Instructions for the task> If a line in the entries below includes "them", show that line.

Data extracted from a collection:
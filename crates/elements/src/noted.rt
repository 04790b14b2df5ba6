// The faults that reading goes on after: the first of each sort is noted.
ghost use Rattle.std.specs.Prelude.{◌≡◌};
ghost use Rattle.rows.specs.Marks.{marked};
ghost use Rattle.elements.specs.Marks.{nothing_noted, with_second, with_outside};

// The place of the first second size or display word (document 02, W-204, No. 16), and that of the first number outside its
// place (document 01, No. 5).
#[derive(Clone, Copy, Debug, PartialEq, Eq)]
pub struct Noted {
    pub second: Option<usize>,
    pub outside: Option<usize>,
}

// Nothing is noted.
pub fn nothing_noted() -> Noted
    ensures { result ≡ nothing_noted }
{
    Noted {
        second: None,
        outside: None,
    }
}

// With a second word at a place, if any, unless there was one.
pub fn with_second(n: Noted, place: Option<usize>) -> Noted
    ensures { result ≡ with_second n (marked place) }
{
    Noted {
        second: n.second.or(place),
        ..n
    }
}

// With a number outside its place, likewise.
pub fn with_outside(n: Noted, place: Option<usize>) -> Noted
    ensures { result ≡ with_outside n (marked place) }
{
    Noted {
        outside: n.outside.or(place),
        ..n
    }
}
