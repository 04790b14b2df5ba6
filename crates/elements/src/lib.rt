// The grammar's fixed phrases as data: the kinds of elements with what each asks of a token, and each phrase as the
// list of its elements (document 01, Grammar).
#![tactic(auto)]

pub mod flags;
pub mod kinds;
pub mod noted;
pub mod patterns;
pub mod phrase;

// How many entries a phrase keeps at most.
pub const KEPT: usize = 12;
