//! Lines of output, and how each is written.
#![tactic(auto)]

ghost use Rattle.std.specs.Prelude.{◌≡◌, IfOk, Some, string_bytes};
ghost use Rattle.lines.specs.Rendering.{rendered, page};

use std::alloc::Global;
use std::fmt;

/// A line of output.
#[derive(Clone, Copy, PartialEq, Eq, Debug)]
pub enum Line {
    /// A place of the tile with a number.
    Place {
        tile: usize,
        row: usize,
        col: usize,
    },
    /// How many places the tile has, and how many looks finding them took.
    Tile {
        tile: usize,
        places: usize,
        looks: u64,
    },
    /// The size of a draft, and for how many tiles it was looked through.
    Draft {
        rows: usize,
        cols: usize,
        tiles: usize,
    },
    /// The size of a tile that was entered, and its number in the book.
    Entered {
        rows: usize,
        cols: usize,
        number: usize,
    },
    /// The number of the refusal of a tile that was not entered.
    Refused {
        // A number: promises tell refusals by number, which four of them share.
        number: u8,
    },
    /// The size of a draft in which no tile of the book was found.
    Passed {
        rows: usize,
        cols: usize,
    },
    /// The size of a draft, and how many tiles of the book were found in it.
    Stopped {
        rows: usize,
        cols: usize,
        tiles: usize,
    },
    /// A fault of the file, and the byte where its record begins.
    Fault {
        // As in Refused.
        number: u8,
        at: usize,
    },
    /// The input is too long.
    TooLong,
}

impl fmt::Display for Line {
    ghost output = { λ l. Some (rendered l) };

    fn fmt<W: fmt::Write>(&self, f: &mut fmt::Formatter<W>) -> fmt::Result {
        match *self {
            Line::Place { tile, row, col } => writeln!(f, "{tile} {row} {col}"),
            Line::Tile {
                tile,
                places,
                looks,
            } => writeln!(f, "tile {tile} places {places} looks {looks}"),
            Line::Draft { rows, cols, tiles } => writeln!(f, "draft {rows} {cols} tiles {tiles}"),
            Line::Entered { rows, cols, number } => writeln!(f, "tile {rows} {cols} at {number}"),
            Line::Refused { number } => writeln!(f, "refused {number}"),
            Line::Passed { rows, cols } => writeln!(f, "draft {rows} {cols} passed"),
            Line::Stopped { rows, cols, tiles } => writeln!(
                f,
                "draft {rows} {cols} stopped {tiles}"
            ),
            Line::Fault { number, at } => writeln!(f, "fault {number} at {at}"),
            Line::TooLong => writeln!(f, "too long"),
        }
    }
}

/// The text of some lines.
pub fn render(heap: Global, lines: &[Line]) -> Result<String, fmt::Error>
    ensures { IfOk result (λ s. string_bytes s ≡ page lines.now) }
{
    let mut text = String::new(heap);
    for line in lines {
        write!(text, "{line}")?;
    }
    Ok(text)
}
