//! What all reports share: the lines that a program answers for a record file, one record after another.
#![tactic(auto)]

ghost use Rattle.std.specs.Prelude.{◌≡◌, [], ◌∷◌, ◌++◌, map, IfOk, OnOk};
ghost use Rattle.lines.specs.declared.Line.TheVariants.{TooLong};
ghost use Rattle.records.specs.Marks.{limit};
ghost use Rattle.records.specs.Entries.{entry};
ghost use Rattle.records.specs.Sound.{Sound};
ghost use Rattle.reports.specs.Reports.{place_line, Telling, says, next, report};
ghost use Rattle.reports.specs.Tiles.{body_tile, shown};

mod file_tile;

use cells::Cell;
use drafts::Draft;
pub use file_tile::{FileTile, TileRecord};
use grids::Position;
use lines::Line;
use records::{Reader, Record};
use sheets::ByteSheet;
use std::alloc::{AllocError, Global};

/// How many bytes an input may have.
pub const LONGEST: usize = 65535;

/// What is made of the records of a file, one after another, each tile as it stands there.
pub trait RecordReport<C: Cell> {
    /// What the report keeps from record to record.
    ghost State: { Type 0 };

    /// What it keeps now.
    ghost state: { Self → State };

    /// The lines that it adds for a record, and what it then keeps.
    ghost telling: { Telling C State };

    /// Takes up a tile, and adds the lines of it.
    fn tile(&mut self, tile: &TileRecord<'_, C>, lines: &mut Vec<Line>) -> Result<(), AllocError>
        ensures lines { OnOk result (lines.new.items ≡ lines.old.items ++ telling.tile_lines (state self.old) (body_tile C.Cell.reading tile.now.body)) }
        ensures state { OnOk result (state self.new ≡ telling.tile_state (state self.old) (body_tile C.Cell.reading tile.now.body)) };

    /// Takes up a draft, and adds the lines of it.
    fn draft<D: Draft<Cell = C>>(
        &mut self,
        draft: &mut D,
        lines: &mut Vec<Line>,
    ) -> Result<(), AllocError>
        ensures lines { OnOk result (lines.new.items ≡ lines.old.items ++ telling.draft_lines (state self.old) (D.Draft.shows draft.old)) }
        ensures state { OnOk result (state self.new ≡ telling.draft_state (state self.old) (D.Draft.shows draft.old)) };
}

/// What is made of the records of a file, one after another, each tile in memory of its own.
// Beside RecordReport: who implements this one is handed the cells and reads nothing.
pub trait Report<C: Cell> {
    /// What the report keeps from record to record.
    ghost State: { Type 0 };

    /// What it keeps now.
    ghost state: { Self → State };

    /// The lines that it adds for a record, and what it then keeps.
    ghost telling: { Telling C State };

    /// Takes up a tile, and adds the lines of it.
    fn tile(&mut self, tile: FileTile<C>, lines: &mut Vec<Line>) -> Result<(), AllocError>
        ensures lines { OnOk result (lines.new.items ≡ lines.old.items ++ telling.tile_lines (state self.old) (shown tile)) }
        ensures state { OnOk result (state self.new ≡ telling.tile_state (state self.old) (shown tile)) };

    /// Takes up a draft, and adds the lines of it.
    fn draft<D: Draft<Cell = C>>(
        &mut self,
        draft: &mut D,
        lines: &mut Vec<Line>,
    ) -> Result<(), AllocError>
        ensures lines { OnOk result (lines.new.items ≡ lines.old.items ++ telling.draft_lines (state self.old) (D.Draft.shows draft.old)) }
        ensures state { OnOk result (state self.new ≡ telling.draft_state (state self.old) (D.Draft.shows draft.old)) };
}

/// The lines of an input over 65,535 bytes.
pub fn too_long(heap: Global) -> Result<Vec<Line>, AllocError>
    ensures { IfOk result (λ v. v.items ≡ TooLong ∷ []) }
{
    let mut lines = Vec::new(heap);
    lines.push(Line::TooLong)?;
    Ok(lines)
}

/// The lines of a record file, by a report that reads the tiles itself.
pub fn report_records<C: Cell, R: RecordReport<C>>(
    heap: Global,
    reporter: &mut R,
    input: &[u8],
) -> Result<Vec<Line>, AllocError>
    ensures { IfOk result (λ v. v.items ≡ report (says R.RecordReport.telling C.Cell.reading) (next R.RecordReport.telling C.Cell.reading) C.Cell.reading (R.RecordReport.state reporter.old) input.now) }
{
    if input.len() > LONGEST {
        return too_long(heap);
    }
    let mut lines = Vec::new(heap);
    let mut reader = Reader::new(input);
    loop {
        match reader.next::<C>() {
            Ok(Some(record)) => report_record(reporter, record, &mut lines)?,
            Ok(None) => return Ok(lines),
            Err(fault) => {
                // By hand: lines knows no records, and records no lines.
                lines.push(Line::Fault {
                    number: fault.refusal.number(),
                    at: fault.at,
                })?;
                return Ok(lines);
            }
        }
    }
}

// Hands a record of the file to the report.
fn report_record<C: Cell, R: RecordReport<C>>(
    reporter: &mut R,
    record: Record<'_>,
    lines: &mut Vec<Line>,
) -> Result<(), AllocError>
    requires { Sound C.Cell.reading (limit (entry «record»).mark) (entry «record») }
    ensures lines { OnOk result (lines.new.items ≡ lines.old.items ++ says R.RecordReport.telling C.Cell.reading (R.RecordReport.state reporter.old) (entry «record».entry)) }
    ensures state { OnOk result (R.RecordReport.state reporter.new ≡ next R.RecordReport.telling C.Cell.reading (R.RecordReport.state reporter.old) (entry «record».entry)) }
{
    match record {
        Record::Tile(body) => reporter.tile(&TileRecord::new(body), lines),
        Record::Draft(body) => {
            let mut sheet = ByteSheet::<C>::over(body.rows, body.cols, body.cells).unwrap();
            reporter.draft(&mut sheet, lines)
        }
    }
}

/// The lines of a record file.
pub fn report_file<C: Cell + Default, R: Report<C>>(
    heap: Global,
    reporter: &mut R,
    input: &[u8],
) -> Result<Vec<Line>, AllocError>
    ensures { IfOk result (λ v. v.items ≡ report (says R.Report.telling C.Cell.reading) (next R.Report.telling C.Cell.reading) C.Cell.reading (R.Report.state reporter.old) input.now) }
{
    report_records(heap, &mut TilesRead { heap, reporter }, input)
}

// Reads each tile into memory of its own, and hands it to a report.
#[derive(Drop)]
struct TilesRead<'r, R> {
    heap: Global,
    reporter: &'r mut R,
}

impl<C: Cell + Default, R: Report<C>> RecordReport<C> for TilesRead<'_, R> {
    ghost State = { R.Report.State };

    ghost state = { λ t. R.Report.state t.reporter.now };

    ghost telling = { R.Report.telling };

    fn tile(&mut self, tile: &TileRecord<'_, C>, lines: &mut Vec<Line>) -> Result<(), AllocError> {
        let tile = FileTile::read(self.heap, tile)?;
        self.reporter.tile(tile, lines)
    }

    fn draft<D: Draft<Cell = C>>(
        &mut self,
        draft: &mut D,
        lines: &mut Vec<Line>,
    ) -> Result<(), AllocError> {
        self.reporter.draft(draft, lines)
    }
}

/// Adds a line for each place of the tile with a number.
pub fn push_places(
    tile: usize,
    places: &[Position],
    lines: &mut Vec<Line>,
) -> Result<(), AllocError>
    ensures { OnOk result (lines.new.items ≡ lines.old.items ++ map (place_line tile) places.now) }
{
    for place in places {
        lines.push(Line::Place {
            tile,
            row: place.row,
            col: place.col,
        })?;
    }
    Ok(())
}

Solution>
    /// How many places the tile has, and how many looks finding them took.
        // A number: promises tell refusals by number, which four of them share.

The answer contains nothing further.